● **DESCRIPTION OF THE TASK**:
Copy the records below exactly as they appear.

SOURCE DATA Block Start

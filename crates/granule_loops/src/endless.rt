//! Whether runs can go on for ever.

ghost use Rattle.std.specs.Prelude.{◌≡◌, length, IfOk};
ghost use Rattle.granule_loops.specs.GranuleLoops.{IsAnswerOf, IsLassoOf, IsOwnedEndless};
ghost use Rattle.granule_states.specs.Graphs.{turn_in};
ghost use Rattle.granule_states.specs.Owned.{IsSame, at};
ghost use Rattle.loop_search.specs.Verdicts.{IsFoundLoop, IsVerdict};

use granule_states::{Looped, OwnedStates};
use loop_search::{FoundLoop, Verdict};
use state_loops::{Endless, Lasso};
use std::alloc::{AllocError, Global};

/// Whether runs can go on for ever, and the states of which this was judged.
#[derive(Drop)]
pub struct Judged {
    pub kept: OwnedStates,
    pub endless: Endless,
}

/// Whether runs can go on for ever, by the loops of the kept states. The states are given back as
/// they were; what was learned of single steps is kept. Fails only when out of memory, or of
/// numbers past 2^32, and then drops them.
pub fn endless_of(alloc: Global, kept: OwnedStates) -> Result<Judged, AllocError>
    ensures endless { IfOk result (λ judged. IsOwnedEndless judged.kept judged.endless) }
    ensures same { IfOk result (λ judged. IsSame kept judged.kept) }
{
    let Looped { kept, verdict } = kept.loops(alloc)?;
    let endless = endless_by(alloc, &kept, &verdict)?;
    Ok(Judged { kept, endless })
}

/// A verdict on the kept states, in the machine's operations. Where these may not be all, it says
/// nothing of runs that none of them shows.
fn endless_by(alloc: Global, kept: &OwnedStates, verdict: &Verdict) -> Result<Endless, AllocError>
    requires { IsVerdict (turn_in kept.now.graph) (length kept.now.graph.graph.image.harts)
        (at kept.now) kept.now.finished verdict.now }
    ensures answer { IfOk result (IsAnswerOf kept.now.complete verdict.now) }
    ensures endless { IfOk result (IsOwnedEndless kept.now) }
{
    // Their clauses say that these are the states of a search, and that the image is one.
    let _count = kept.len();
    let _granules = kept.image().granules();
    let is_complete = kept.is_complete();
    match verdict {
        Verdict::Fair(found) => Ok(Endless::Yes(lasso_of(alloc, kept, found)?)),
        Verdict::Unfair(found) if is_complete => {
            Ok(Endless::Unfair(lasso_of(alloc, kept, found)?))
        }
        Verdict::NoLoop if is_complete => Ok(Endless::No),
        Verdict::Unknown | Verdict::Unfair(_) | Verdict::NoLoop => Ok(Endless::Unknown),
    }
}

/// A loop of a kept state, in the machine's operations.
fn lasso_of(alloc: Global, kept: &OwnedStates, found: &FoundLoop) -> Result<Lasso, AllocError>
    requires { IsFoundLoop (turn_in kept.now.graph) (length kept.now.graph.graph.image.harts)
        (at kept.now) found.now }
    ensures { IfOk result (IsLassoOf kept.now found.now) }
{
    let (order, cycle) = kept.lasso(alloc, found)?;
    Ok(Lasso { order, cycle })
}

SOURCE DATA Block End

● **OUTPUT BELOW**:
filename crates/granule_loops/src/endless.rt
//! Whether runs can go on for ever.

ghost use Rattle.std.specs.Prelude.{◌≡◌, length, IfOk};
ghost use Rattle.granule_loops.specs.GranuleLoops.{IsAnswerOf, IsLassoOf, IsOwnedEndless};
ghost use Rattle.granule_states.specs.Graphs.{turn_in};
ghost use Rattle.granule_states.specs.Owned.{IsSame, at};
ghost use Rattle.loop_search.specs.Verdicts.{IsFoundLoop, IsVerdict};

use granule_states::{Looped, OwnedStates};
use loop_search::{FoundLoop, Verdict};
use state_loops::{Endless, Lasso};
use std::alloc::{AllocError, Global};

/// Whether runs can go on for ever, and the states of which this was judged.
#[derive(Drop)]
pub struct Judged {
    pub kept: OwnedStates,
    pub endless: Endless,
}

/// Whether runs can go on for ever, by the loops of the kept states. The states are given back as
/// they were; what was learned of single steps is kept. Fails only when out of memory, or of
/// numbers past 2^32, and then drops them.
pub fn endless_of(alloc: Global, kept: OwnedStates) -> Result<Judged, AllocError>
    ensures endless { IfOk result (λ judged. IsOwnedEndless judged.kept judged.endless) }
    ensures same { IfOk result (λ judged. IsSame kept judged.kept) }
{
    let Looped { kept, verdict } = kept.loops(alloc)?;
    let endless = endless_by(alloc, &kept, &verdict)?;
    Ok(Judged { kept, endless })
}

/// A verdict on the kept states, in the machine's operations. Where these may not be all, it says
/// nothing of runs that none of them shows.
fn endless_by(alloc: Global, kept: &OwnedStates, verdict: &Verdict) -> Result<Endless, AllocError>
    requires { IsVerdict (turn_in kept.now.graph) (length kept.now.graph.graph.image.harts)
        (at kept.now) kept.now.finished verdict.now }
    ensures answer { IfOk result (IsAnswerOf kept.now.complete verdict.now) }
    ensures endless { IfOk result (IsOwnedEndless kept.now) }
{
    // Their clauses say that these are the states of a search, and that the image is one.
    let _count = kept.len();
    let _granules = kept.image().granules();
    let is_complete = kept.is_complete();
    match verdict {
        Verdict::Fair(found) => Ok(Endless::Yes(lasso_of(alloc, kept, found)?)),
        Verdict::Unfair(found) if is_complete => {
            Ok(Endless::Unfair(lasso_of(alloc, kept, found)?))
        }
        Verdict::NoLoop if is_complete => Ok(Endless::No),
        Verdict::Unknown | Verdict::Unfair(_) | Verdict::NoLoop => Ok(Endless::Unknown),
    }
}

/// A loop of a kept state, in the machine's operations.
fn lasso_of(alloc: Global, kept: &OwnedStates, found: &FoundLoop) -> Result<Lasso, AllocError>
    requires { IsFoundLoop (turn_in kept.now.graph) (length kept.now.graph.graph.image.harts)
        (at kept.now) found.now }
    ensures { IfOk result (IsLassoOf kept.now found.now) }
{
    let (order, cycle) = kept.lasso(alloc, found)?;
    Ok(Lasso { order, cycle })
}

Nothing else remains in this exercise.